== PROBLEM DETAILS ==
Which lines of the entries contain the string "ensures"? Please find them and copy them.

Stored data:
⟨
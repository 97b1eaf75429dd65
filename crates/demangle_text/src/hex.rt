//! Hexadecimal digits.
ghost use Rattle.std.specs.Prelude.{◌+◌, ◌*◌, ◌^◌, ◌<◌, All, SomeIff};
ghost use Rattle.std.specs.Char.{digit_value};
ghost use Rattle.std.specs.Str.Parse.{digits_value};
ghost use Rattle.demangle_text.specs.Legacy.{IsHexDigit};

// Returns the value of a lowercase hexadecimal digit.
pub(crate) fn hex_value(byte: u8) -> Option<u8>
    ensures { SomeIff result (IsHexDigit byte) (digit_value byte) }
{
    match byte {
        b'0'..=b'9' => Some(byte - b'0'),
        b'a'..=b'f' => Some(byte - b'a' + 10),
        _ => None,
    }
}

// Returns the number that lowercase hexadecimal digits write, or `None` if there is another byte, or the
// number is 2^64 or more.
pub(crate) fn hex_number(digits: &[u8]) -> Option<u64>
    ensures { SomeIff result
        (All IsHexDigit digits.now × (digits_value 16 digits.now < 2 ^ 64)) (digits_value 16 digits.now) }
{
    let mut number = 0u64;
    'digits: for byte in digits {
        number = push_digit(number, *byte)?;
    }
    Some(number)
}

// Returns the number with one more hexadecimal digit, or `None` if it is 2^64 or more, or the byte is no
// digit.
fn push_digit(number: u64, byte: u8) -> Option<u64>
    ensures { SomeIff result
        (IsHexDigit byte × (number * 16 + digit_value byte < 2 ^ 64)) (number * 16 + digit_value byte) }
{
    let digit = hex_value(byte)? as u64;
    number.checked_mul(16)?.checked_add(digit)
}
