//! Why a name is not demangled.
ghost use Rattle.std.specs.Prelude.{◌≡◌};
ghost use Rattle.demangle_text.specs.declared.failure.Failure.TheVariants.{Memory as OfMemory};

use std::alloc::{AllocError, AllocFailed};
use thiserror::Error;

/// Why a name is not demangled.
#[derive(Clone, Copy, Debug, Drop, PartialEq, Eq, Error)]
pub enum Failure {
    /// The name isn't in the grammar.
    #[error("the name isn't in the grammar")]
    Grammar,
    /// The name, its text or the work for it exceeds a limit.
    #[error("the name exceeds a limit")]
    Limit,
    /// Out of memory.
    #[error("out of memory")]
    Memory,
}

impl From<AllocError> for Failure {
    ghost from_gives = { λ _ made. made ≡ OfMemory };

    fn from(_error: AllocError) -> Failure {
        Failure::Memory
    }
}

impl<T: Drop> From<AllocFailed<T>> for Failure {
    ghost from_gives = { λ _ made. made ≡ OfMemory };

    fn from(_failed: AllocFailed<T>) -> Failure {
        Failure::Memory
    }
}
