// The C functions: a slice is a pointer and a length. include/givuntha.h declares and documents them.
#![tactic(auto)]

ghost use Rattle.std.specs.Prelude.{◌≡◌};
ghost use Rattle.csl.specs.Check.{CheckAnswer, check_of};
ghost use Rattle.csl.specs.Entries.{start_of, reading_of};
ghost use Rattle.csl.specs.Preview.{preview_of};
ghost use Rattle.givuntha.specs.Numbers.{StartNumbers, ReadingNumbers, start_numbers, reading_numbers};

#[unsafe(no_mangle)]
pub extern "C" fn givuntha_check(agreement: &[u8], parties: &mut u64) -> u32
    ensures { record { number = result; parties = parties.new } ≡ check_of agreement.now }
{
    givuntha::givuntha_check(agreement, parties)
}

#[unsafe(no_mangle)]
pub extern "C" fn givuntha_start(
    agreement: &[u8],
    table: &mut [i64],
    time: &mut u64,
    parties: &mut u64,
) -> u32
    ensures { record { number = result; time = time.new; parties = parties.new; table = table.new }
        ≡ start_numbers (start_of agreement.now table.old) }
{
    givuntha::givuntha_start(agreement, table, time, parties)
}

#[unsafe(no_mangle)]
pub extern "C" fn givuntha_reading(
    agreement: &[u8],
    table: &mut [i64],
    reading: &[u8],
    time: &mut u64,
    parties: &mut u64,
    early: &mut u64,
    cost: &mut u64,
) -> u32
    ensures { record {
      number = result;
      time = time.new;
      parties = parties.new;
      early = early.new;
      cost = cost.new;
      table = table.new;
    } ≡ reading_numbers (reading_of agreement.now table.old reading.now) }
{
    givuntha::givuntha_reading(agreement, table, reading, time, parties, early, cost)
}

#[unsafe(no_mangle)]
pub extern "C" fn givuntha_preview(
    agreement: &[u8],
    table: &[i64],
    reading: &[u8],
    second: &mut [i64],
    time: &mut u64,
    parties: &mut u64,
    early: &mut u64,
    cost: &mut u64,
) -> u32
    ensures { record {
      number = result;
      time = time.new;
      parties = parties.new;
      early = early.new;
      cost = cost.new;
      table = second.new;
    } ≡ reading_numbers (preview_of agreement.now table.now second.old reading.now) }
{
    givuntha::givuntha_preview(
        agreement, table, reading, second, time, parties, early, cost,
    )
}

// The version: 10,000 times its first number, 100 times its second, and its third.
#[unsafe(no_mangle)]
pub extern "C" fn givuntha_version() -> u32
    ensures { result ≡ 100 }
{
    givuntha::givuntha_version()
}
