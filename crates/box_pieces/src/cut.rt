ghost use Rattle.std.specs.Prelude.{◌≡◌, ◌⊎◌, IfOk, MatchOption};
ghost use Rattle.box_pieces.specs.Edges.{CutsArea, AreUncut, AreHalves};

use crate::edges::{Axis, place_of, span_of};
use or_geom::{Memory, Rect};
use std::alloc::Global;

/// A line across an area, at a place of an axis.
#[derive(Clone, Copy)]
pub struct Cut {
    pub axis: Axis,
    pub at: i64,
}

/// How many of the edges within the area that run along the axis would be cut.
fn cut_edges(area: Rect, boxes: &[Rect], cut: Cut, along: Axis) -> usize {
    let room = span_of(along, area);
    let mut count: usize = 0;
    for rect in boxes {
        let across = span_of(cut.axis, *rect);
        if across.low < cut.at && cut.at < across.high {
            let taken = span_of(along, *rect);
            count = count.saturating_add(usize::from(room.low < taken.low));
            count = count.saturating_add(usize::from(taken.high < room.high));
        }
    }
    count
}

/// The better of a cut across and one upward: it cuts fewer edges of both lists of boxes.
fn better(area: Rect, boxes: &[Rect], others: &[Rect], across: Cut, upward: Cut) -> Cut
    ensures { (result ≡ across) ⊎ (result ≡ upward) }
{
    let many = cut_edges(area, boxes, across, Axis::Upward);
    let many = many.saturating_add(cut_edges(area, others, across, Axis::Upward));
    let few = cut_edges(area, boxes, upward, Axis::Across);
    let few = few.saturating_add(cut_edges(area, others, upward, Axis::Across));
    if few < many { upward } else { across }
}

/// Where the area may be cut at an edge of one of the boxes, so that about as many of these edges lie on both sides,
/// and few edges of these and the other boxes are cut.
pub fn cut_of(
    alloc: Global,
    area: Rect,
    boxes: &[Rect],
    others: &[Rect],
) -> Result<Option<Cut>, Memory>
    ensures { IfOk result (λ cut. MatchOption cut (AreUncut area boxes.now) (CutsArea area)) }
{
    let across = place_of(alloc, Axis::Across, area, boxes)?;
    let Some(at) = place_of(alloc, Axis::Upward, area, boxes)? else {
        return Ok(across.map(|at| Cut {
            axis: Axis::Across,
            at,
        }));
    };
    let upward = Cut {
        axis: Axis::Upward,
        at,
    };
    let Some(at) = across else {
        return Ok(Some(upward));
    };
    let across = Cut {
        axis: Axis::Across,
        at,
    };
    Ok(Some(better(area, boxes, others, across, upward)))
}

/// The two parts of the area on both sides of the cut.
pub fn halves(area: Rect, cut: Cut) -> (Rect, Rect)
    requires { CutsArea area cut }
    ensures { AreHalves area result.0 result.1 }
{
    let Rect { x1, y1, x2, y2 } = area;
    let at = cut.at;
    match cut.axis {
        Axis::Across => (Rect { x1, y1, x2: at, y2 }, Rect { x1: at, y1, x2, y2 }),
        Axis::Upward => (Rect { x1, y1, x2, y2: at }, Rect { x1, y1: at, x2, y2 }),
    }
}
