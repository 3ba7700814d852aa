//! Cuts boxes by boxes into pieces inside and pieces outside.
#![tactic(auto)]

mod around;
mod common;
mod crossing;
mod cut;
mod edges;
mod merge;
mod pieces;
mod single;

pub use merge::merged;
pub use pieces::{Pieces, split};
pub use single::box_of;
⟩
== RESPONSE ==
    ensures { SomeIff result (IsHexDigit byte) (digit_value byte) }
    ensures { SomeIff result
    ensures { SomeIff result
    ensures { record { number = result; parties = parties.new } ≡ check_of agreement.now }
    ensures { record { number = result; time = time.new; parties = parties.new; table = table.new }
    ensures { record {
    ensures { record {
    ensures { result ≡ 100 }
    ensures { (result ≡ across) ⊎ (result ≡ upward) }
    ensures { IfOk result (λ cut. MatchOption cut (AreUncut area boxes.now) (CutsArea area)) }
    ensures { AreHalves area result.0 result.1 }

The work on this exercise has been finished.